3) A credit crunch could take place. The problems of indebted companies and individuals would grip the credit market, putting the financial sector under pressure. This negative scenario replicates the mechanisms of the 2008/09 crisis. We believe that central banks can manage these issues by injecting massive amounts of liquidity. The markets have more or less returned to "business as usual" in recent days and we are seeing numerous bond issues, particularly in the Investment Grade universe. Moreover, some States are putting in place guarantees for many business loans and more flexible systems of partial unemployment than before.
Changes this month
The general environment changed last month, but we are focusing here on the changes to our investment recommendations:
•We have revised up our 12-month rate forecast on the Bund (10-year German bond) to 0%. We had previously expected a negative rate of -0.40%. Our target remains 1.25% for the US 10-year rate. With the recession underway, public deficits will grow sharply on both sides of the Atlantic, and despite Fed and ECB bond purchases, the upward pressure on rates to attract savings is likely to result in a (modest) rise of 50bp in rates compared with current levels.
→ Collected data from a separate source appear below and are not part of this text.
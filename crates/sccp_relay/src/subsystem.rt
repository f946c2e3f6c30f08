//! Subsystems at other points, and what is said of them.

ghost use Rattle.std.specs.Prelude.{◌≡◌};
ghost use Rattle.sccp_relay.specs.Statuses as rule;

use signalling_types::PointCode;

/// The most subsystems that are known to be prohibited. What is heard of others then has no effect.
pub const PROHIBITED_SUBSYSTEMS: usize = 256;

/// A subsystem at a point.
#[derive(Clone, Copy, Debug, PartialEq, Eq)]
pub struct Subsystem {
    /// The point.
    pub point: PointCode,
    /// Its subsystem number there (Q.713 §3.4.2.2).
    pub ssn: u8,
}

/// Fills the room of a list that isn't taken.
impl Default for Subsystem {
    fn default() -> Subsystem {
        Subsystem {
            point: PointCode::of_low_bits(0),
            ssn: 0,
        }
    }
}

impl Subsystem {
    /// Whether it is this one: at the same point, with the same number.
    pub(crate) fn is(&self, other: &Subsystem) -> bool
        ensures { result ≡ rule.is_same self.now other.now }
    {
        self.point == other.point && self.ssn == other.ssn
    }
}

/// A subsystem that is prohibited.
#[derive(Clone, Copy)]
pub struct ProhibitedSubsystem {
    /// The subsystem.
    pub subsystem: Subsystem,
    /// The ticks that are left until its next test; if none is left, a test is due (Q.714 §5.3.4).
    pub ticks: u16,
}

impl ProhibitedSubsystem {
    /// Whether a test of it is due.
    pub fn is_due(&self) -> bool
        ensures { result ≡ rule.is_due self.now }
    {
        self.ticks == 0
    }

    /// A tick passes. If a test was due, the next one is due `sst` ticks after it.
    pub(crate) fn count(&mut self, sst: u16)
        ensures { self.new ≡ rule.counted sst self.old }
    {
        let left = if self.is_due() { sst } else { self.ticks };
        self.ticks = left.saturating_sub(1);
    }
}

/// What an SSP or an SSA says of a subsystem (Q.714 §5.3.2, §5.3.3).
#[derive(Clone, Copy, Debug, PartialEq, Eq)]
pub struct SubsystemNews {
    /// The point that says it.
    pub sender: PointCode,
    /// The affected subsystem.
    pub subsystem: Subsystem,
    /// Whether it is prohibited, by an SSP; by an SSA it is allowed.
    pub is_prohibited: bool,
}
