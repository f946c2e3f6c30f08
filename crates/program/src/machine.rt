//! The program on the machine that it runs on.

use crate::ending::refuse_words;
use crate::folder::Disk;
use crate::program::run_program;
use crate::standard_files::hold_standard_files;
use lab::Loopback;
use script::{ReaderSource, WriterSink};
use std::process::ExitCode;
use std::{env, io};

/// The program `stp` with the machine's arguments, files and standard streams. Its lab joins links by TCP on this
/// machine; on the network it serves a node, and calls the console of one. `main` is this call.
pub fn run_on_machine(rt: &HostRuntime) -> ExitCode {
    hold_standard_files(rt);
    let mut reader = ReaderSource::new(rt.stdin());
    let mut writer = WriterSink::new(io::writer(rt));
    let mut errors = WriterSink::new(rt.stderr());
    let status = match words(rt) {
        Ok(words) => run_program(
            rt,
            words.as_slice(),
            &Disk::new(rt),
            &mut Loopback::new(rt),
            &mut reader,
            &mut writer,
            &mut errors,
        ),
        Err(error) => refuse_words(&error, &mut writer, &mut errors),
    };
    ExitCode::from(status.number())
}

/// The program's arguments.
fn words(rt: &HostRuntime) -> io::Result<Vec<String>> {
    let words = env::args(rt)?.skip(1).collect(rt.alloc())?;
    Ok(words)
}
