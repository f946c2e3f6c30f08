//! Translation rows, and what is known of the subsystems that they lead to.

ghost use Rattle.std.specs.Prelude.{◌≡◌, ◌≤◌, length, slice_get, Some, None, Err, IfOk, IfErr, OnOk, OnErr, IsOk, IsOkUnless, IsTrue, ◌↔◌};
ghost use Rattle.std.specs.List.{IsDistinct};
ghost use Rattle.sccp_relay.specs.Rows.{IsOrdered, place_of, row_place, has_row, with_row, without_row, add_refusal, set_refusal, is_same_place};
ghost use Rattle.sccp_relay.specs.Statuses as rule;
ghost use Rattle.sccp_relay.specs.SubsystemTests.{due_tests, ticked};
ghost use Rattle.sccp_relay.specs.Translation.{translation};
ghost use Rattle.sccp_relay.specs.Values.{own_value};

use crate::Translations;
use crate::own::{Own, Ways};
use crate::prohibited::Prohibited;
use crate::subsystem::{PROHIBITED_SUBSYSTEMS, ProhibitedSubsystem, Subsystem, SubsystemNews};
use arrayvec::ArrayVec;
use sccp_codec::TitleKey;
use settings::TitleRow;
use signalling_types::{Cause, Limits};
use std::alloc::{AllocError, Global};
use std::marker::Model;

/// A table of translation rows, and which of the subsystems that they lead to are prohibited, at most 256 (Q.714
/// §5.3.2).
#[derive(Drop)]
pub struct Titles {
    translations: Translations,
    prohibited: Prohibited,
}

impl Model for Titles {
    ghost use Rattle.sccp_relay.specs.Statuses.{TitlesValue};

    ghost Value = { TitlesValue };

    ghost view = { λ t. record { rows = t.translations; prohibited = t.prohibited } };
}

impl Titles {
    /// A table of these rows, no two of one key and the same digits. All subsystems are allowed. It allocates from this
    /// allocator, now and as rows are added.
    pub fn of_rows(alloc: Global, rows: &[TitleRow]) -> Result<Titles, AllocError>
        requires fits { length rows.now ≤ Limits.TITLES }
        requires differ { IsDistinct is_same_place rows.now }
        ensures { IfOk result (λ titles. titles ≡ rule.first_titles rows.now) }
    {
        Ok(Titles {
            translations: Translations::of_rows(alloc, rows)?,
            prohibited: Prohibited::none(alloc)?,
        })
    }

    /// A copy, which allocates from this allocator, now and as rows are added to it.
    pub fn copy(&self, alloc: Global) -> Result<Titles, AllocError>
        ensures { IfOk result (λ titles. titles ≡ self.now) }
    {
        Ok(Titles {
            translations: self.translations.copy(alloc)?,
            prohibited: self.prohibited.copy(alloc)?,
        })
    }

    /// How many rows there are.
    pub fn len(&self) -> usize
        ensures count { result ≡ length self.now.rows }
        ensures fits { length self.now.rows ≤ Limits.TITLES }
    {
        self.translations.len()
    }

    /// The row of this number, from 0, in the order of the rows. None past the last.
    pub fn row(&self, index: usize) -> Option<TitleRow>
        ensures row { result ≡ slice_get self.now.rows index }
        ensures order { IsOrdered self.now.rows }
    {
        self.translations.row(index)
    }

    /// Adds a row at its place, as `Translations::add` does. A refusal leaves all as it was.
    pub fn add(&mut self, row: TitleRow) -> Result<(), Cause>
        ensures added { OnOk result (self.new ≡ record self.old { rows = with_row row self.old.rows }) }
        ensures unchanged { OnErr result (self.new ≡ self.old) }
        ensures refused { (cause : Cause) → add_refusal self.old.rows row ≡ Some cause → result ≡ Err cause }
        ensures memory { add_refusal self.old.rows row ≡ None → IsOkUnless result Cause.NoMemory }
    {
        self.translations.add(row)
    }

    /// Puts a row in the place of the one of its key and digits, or adds it, as `Translations::set` does. A refusal
    /// leaves all as it was.
    pub fn set(&mut self, row: TitleRow) -> Result<(), Cause>
        ensures set { OnOk result (self.new ≡ record self.old { rows = with_row row self.old.rows }) }
        ensures unchanged { OnErr result (self.new ≡ self.old) }
        ensures replaced { IsTrue (has_row self.old.rows (row_place row)) → IsOk result }
        ensures refused { (cause : Cause) → set_refusal self.old.rows row ≡ Some cause → result ≡ Err cause }
        ensures memory { set_refusal self.old.rows row ≡ None → IsOkUnless result Cause.NoMemory }
    {
        self.translations.set(row)
    }

    /// Removes the row of this key and exactly these digits, as `Translations::remove` does. A refusal leaves all as it
    /// was.
    pub fn remove(&mut self, key: TitleKey, digits: &[u8]) -> Result<(), Cause>
        ensures found { IsOk result ↔ IsTrue (has_row self.old.rows (place_of key digits.now)) }
        ensures removed { OnOk result
            (self.new ≡ record self.old { rows = without_row (place_of key digits.now) self.old.rows }) }
        ensures refused { IfErr result (λ cause. cause ≡ Cause.NoSuchName) }
        ensures unchanged { OnErr result (self.new ≡ self.old) }
    {
        self.translations.remove(key, digits)
    }

    /// The row that translates an address of this key and these digits, as `Translations::translate` gives it.
    pub fn translate(&self, key: TitleKey, digits: &[u8]) -> Result<TitleRow, Cause>
        ensures { result ≡ translation self.now.rows key digits.now }
    {
        self.translations.translate(key, digits)
    }

    /// Whether a subsystem is prohibited, by a walk over those that are.
    pub fn is_prohibited(&self, subsystem: &Subsystem) -> bool
        ensures { result ≡ rule.is_prohibited self.now.prohibited subsystem.now }
    {
        self.prohibited.has(subsystem)
    }

    /// The prohibited subsystem of this number, from 0, in the order in which they were heard of. None past the last.
    pub fn prohibited(&self, index: usize) -> Option<ProhibitedSubsystem>
        ensures { result ≡ slice_get self.now.prohibited index }
    {
        self.prohibited.get(index)
    }

    /// How many subsystems are prohibited.
    pub fn prohibited_len(&self) -> usize
        ensures { result ≡ length self.now.prohibited }
    {
        self.prohibited.len()
    }

    /// The subsystems of which a test is due, in the order in which they were heard of. It looks at each that is
    /// prohibited.
    pub fn due_tests(&self) -> ArrayVec<Subsystem, PROHIBITED_SUBSYSTEMS>
        ensures { result.items ≡ due_tests self.now }
    {
        self.prohibited.due()
    }

    /// A tick passes: each prohibited subsystem has one tick less until its next test, `sst` ticks after the last one.
    /// Those whose point isn't reached are allowed again, and, as a test of them comes due, those to which no row
    /// leads. It looks at each of them, and at all rows for those, and allocates nothing (Q.714 §5.2.2, §5.2.3,
    /// §5.3.4).
    pub fn tick<W: Ways>(&mut self, sst: u16, own: &Own<'_, W>)
        ensures { self.new ≡ ticked (own_value W.leads own.now) sst self.old }
    {
        self.prohibited.count(sst);
        self.prohibited.keep(own, &self.translations);
    }

    /// Hears what an SSP or an SSA says of a subsystem. It has an effect only if the point of the subsystem says it;
    /// then an SSA ends that the subsystem is prohibited, and after an SSP it is, if a row leads to it, and is tested
    /// after `sst` ticks. Beyond 256 nothing more is. It walks over all rows at most, and allocates nothing (Q.714
    /// §5.3.2, §5.3.3).
    pub fn hear(&mut self, sst: u16, news: &SubsystemNews)
        ensures { self.new ≡ rule.heard sst news.now self.old }
    {
        if news.sender != news.subsystem.point {
            return;
        }
        if news.is_prohibited {
            self.prohibit(sst, &news.subsystem);
        } else {
            self.prohibited.remove(&news.subsystem);
        }
    }

    /// One more subsystem is prohibited, if a row leads to it and there is room.
    fn prohibit(&mut self, sst: u16, subsystem: &Subsystem)
        ensures { self.new ≡ rule.prohibit sst subsystem.now self.old }
    {
        if self.prohibited.has(subsystem) || self.prohibited.is_full() {
            return;
        }
        if self.translations.lead_to(subsystem) {
            self.prohibited.add(ProhibitedSubsystem {
                subsystem: *subsystem,
                ticks: sst,
            });
        }
    }
}
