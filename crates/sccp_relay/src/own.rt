//! The point that a node is, and the points that it reaches.

ghost use Rattle.std.specs.Prelude.{◌≡◌, ◌&&◌, not, ℕ, Bool, Ok};
ghost use Rattle.sccp_relay.specs.Points.{is_backup_open, is_barred, is_open, is_out, is_reached, is_sender, is_shut, point_by, unless_barred};
ghost use Rattle.sccp_relay.specs.Relay.{is_equipped};
ghost use Rattle.sccp_relay.specs.Values.{own_value};

use crate::subsystem::Subsystem;
use crate::titles::Titles;
use settings::{TitleRoute, TitleRow};
use signalling_types::{Cause, PointCode, Sls};

/// The number of SCCP management (Q.713 §3.4.2.2).
pub(crate) const MANAGEMENT: u8 = 1;

/// The points that the links of a node lead to.
pub trait Ways {
    /// Whether a link leads to a point, for messages of a link selection.
    ghost leads: { Self → ℕ → ℕ → Bool };

    /// Whether a link leads to this point, for messages of this link selection (Q.704 §2.3).
    fn lead_to(&self, point: PointCode, sls: Sls) -> bool
        ensures { result ≡ leads self.now point sls };
}

/// The point that a node is, the subsystems that are there, what it does for SCCP, and where its links lead.
#[derive(Clone, Copy)]
pub struct Own<'a, W> {
    /// Its point code.
    pub point: PointCode,
    /// The numbers of its subsystems.
    pub subsystems: &'a [u8],
    /// Whether extended unitdata, XUDT and XUDTS, are relayed (Q.713 §4.18, §4.19).
    pub extended: bool,
    /// Whether tests of its subsystems are answered (Q.714 §5.3.4). SCCP management, subsystem 1, is here then.
    pub answers_tests: bool,
    /// Whether it is heard which subsystems other points say to be prohibited and allowed (Q.714 §5.3.2, §5.3.3).
    pub hears_statuses: bool,
    /// The points that its links lead to. It is asked only of a row with a backup or whose subsystem is prohibited,
    /// and of each prohibited subsystem as a tick passes.
    pub ways: W,
}

impl<W: Ways> Own<'_, W> {
    /// Whether a subsystem of this number is here; without a number none is. SCCP management is, where it answers
    /// tests.
    pub(crate) fn is_equipped(&self, ssn: Option<u8>) -> bool
        ensures { result ≡ is_equipped (own_value W.leads self.now) ssn }
    {
        match ssn {
            Some(MANAGEMENT) if self.answers_tests => true,
            Some(ssn) => self.subsystems.contains(&ssn),
            None => false,
        }
    }

    /// The point that a row leads a message of this link selection to, from this sender, if from any: its own; its
    /// backup while it can be led to that alone. A backup that the message came from isn't taken.
    #[tactic(auto, unfolding(crate::specs::Points::point_by))]
    pub(crate) fn point_by(
        &self,
        row: &TitleRow,
        sender: Option<PointCode>,
        sls: Sls,
        titles: &Titles,
    ) -> PointCode
        ensures { result ≡ point_by (own_value W.leads self.now) titles.now.prohibited sender sls row.now }
    {
        match row.backup() {
            Some(backup) if self.is_backup_taken(row, backup, sender, sls, titles) => backup,
            _ => row.point(),
        }
    }

    /// Whether this backup of a row serves such a message, and the row's point doesn't.
    fn is_backup_taken(
        &self,
        row: &TitleRow,
        backup: PointCode,
        sender: Option<PointCode>,
        sls: Sls,
        titles: &Titles,
    ) -> bool
        ensures { result ≡ (not (is_open (own_value W.leads self.now) titles.now.prohibited sls row.now.route
            row.now.point)
            && is_backup_open (own_value W.leads self.now) titles.now.prohibited sender sls row.now.route backup) }
    {
        !self.is_open(row, row.point(), sls, titles)
            && self.is_backup_open(row, backup, sender, sls, titles)
    }

    /// Whether such a message can be led to neither, though one of them is reached, since the subsystem there is
    /// prohibited.
    #[tactic(auto, unfolding(crate::specs::Points::is_barred))]
    pub(crate) fn is_barred(
        &self,
        row: &TitleRow,
        sender: Option<PointCode>,
        sls: Sls,
        titles: &Titles,
    ) -> bool
        ensures { result ≡ is_barred (own_value W.leads self.now) titles.now.prohibited sender sls row.now }
    {
        let point = row.point();
        match row.backup() {
            Some(backup) => {
                (self.is_shut(row, point, sls, titles)
                    || self.is_shut(row, backup, sls, titles)
                        && !self.is_open(row, point, sls, titles))
                    && !self.is_backup_open(row, backup, sender, sls, titles)
            }
            None => self.is_shut(row, point, sls, titles),
        }
    }

    /// The row, if its subsystem isn't prohibited. Refused SubsystemProhibited if it is.
    pub(crate) fn unless_barred(
        &self,
        row: TitleRow,
        sender: Option<PointCode>,
        sls: Sls,
        titles: &Titles,
    ) -> Result<TitleRow, Cause>
        ensures { result ≡ unless_barred (own_value W.leads self.now) titles.now.prohibited sender sls (Ok row) }
    {
        if self.is_barred(&row, sender, sls, titles) {
            Err(Cause::SubsystemProhibited)
        } else {
            Ok(row)
        }
    }

    /// Whether a message can be led there: it reaches the point, and its subsystem isn't prohibited.
    fn is_open(&self, row: &TitleRow, point: PointCode, sls: Sls, titles: &Titles) -> bool
        ensures { result ≡ is_open (own_value W.leads self.now) titles.now.prohibited sls row.now.route point }
    {
        self.reaches(point, sls) && !is_out(row.route(), point, titles)
    }

    /// Whether it reaches the point, and the subsystem there is prohibited.
    fn is_shut(&self, row: &TitleRow, point: PointCode, sls: Sls, titles: &Titles) -> bool
        ensures { result ≡ is_shut (own_value W.leads self.now) titles.now.prohibited sls row.now.route point }
    {
        is_out(row.route(), point, titles) && self.reaches(point, sls)
    }

    /// Whether a backup serves such a message: it can be led there, and didn't come from there.
    fn is_backup_open(
        &self,
        row: &TitleRow,
        backup: PointCode,
        sender: Option<PointCode>,
        sls: Sls,
        titles: &Titles,
    ) -> bool
        ensures { result
            ≡ is_backup_open (own_value W.leads self.now) titles.now.prohibited sender sls row.now.route backup }
    {
        self.is_open(row, backup, sls, titles) && !is_sender(sender, backup)
    }

    /// Whether messages of this link selection reach a point: it is this one, or a link leads to it.
    pub(crate) fn reaches(&self, point: PointCode, sls: Sls) -> bool
        ensures { result ≡ is_reached (own_value W.leads self.now) sls point }
    {
        point == self.point || self.ways.lead_to(point, sls)
    }
}

/// Whether the subsystem that a row leads to, by its number, is prohibited at this point.
fn is_out(to: TitleRoute, point: PointCode, titles: &Titles) -> bool
    ensures { result ≡ is_out titles.now.prohibited to point }
{
    match to {
        TitleRoute::Title(_) => false,
        TitleRoute::Ssn(number) => titles.is_prohibited(&Subsystem {
            point,
            ssn: number.number(),
        }),
    }
}

/// Whether a point is the one that a message came from.
fn is_sender(sender: Option<PointCode>, point: PointCode) -> bool
    ensures { result ≡ is_sender sender point }
{
    match sender {
        Some(sender) => point == sender,
        None => false,
    }
}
•We have turned buyers of peripheral eurozone Sovereign bonds. Spreads have widened as pandemic pressures have intensified. However, we will see appropriate financing arrangements put in place: negotiations are underway between European partners. A compromise will be reached because the stakes are high.
•We reiterate our positive opinion on Investment Grade Corporate bonds. Spreads have widened and we believe the risk-reward ratio is good in view of purchases of central banks. In IG, we do not expect too many defaults. In our view, this default risk seems too great for HY (High Yield), particularly because this universe is going to see an increasing number of companies getting into difficulty. Rating downgrades by credit agencies are only just beginning.